▶ [To do]:
Exactly the lines from the one with "is_some self.old.held ≡" to the end of the data below should be set down, and no others.

════

//! Lending what a handle points to.

ghost use Rattle.std.specs.Prelude.{◌≡◌, Some, true, is_some};
ghost use Rattle.std.specs.Borrow.{sem};
ghost use Rattle.hongpilas_c.specs.Lends.{held_follows};

use crate::handle::Handle;
use crate::held::Held;

impl Handle {
    /// Lends the session and reply behind an open handle.
    pub(crate) fn held(&mut self) -> &mut Held
        requires { is_some self.old.held ≡ true }
        ensures* back { sem 𝓛 (held_follows self.entry result) }
        ensures value { self.old.held ≡ Some result.now }
    {
        unsafe { &mut *(self.at as *mut Held) }
    }
}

════

▶ [Response]:
        requires { is_some self.old.held ≡ true }
        ensures* back { sem 𝓛 (held_follows self.entry result) }
        ensures value { self.old.held ≡ Some result.now }
    {
        unsafe { &mut *(self.at as *mut Held) }
    }
}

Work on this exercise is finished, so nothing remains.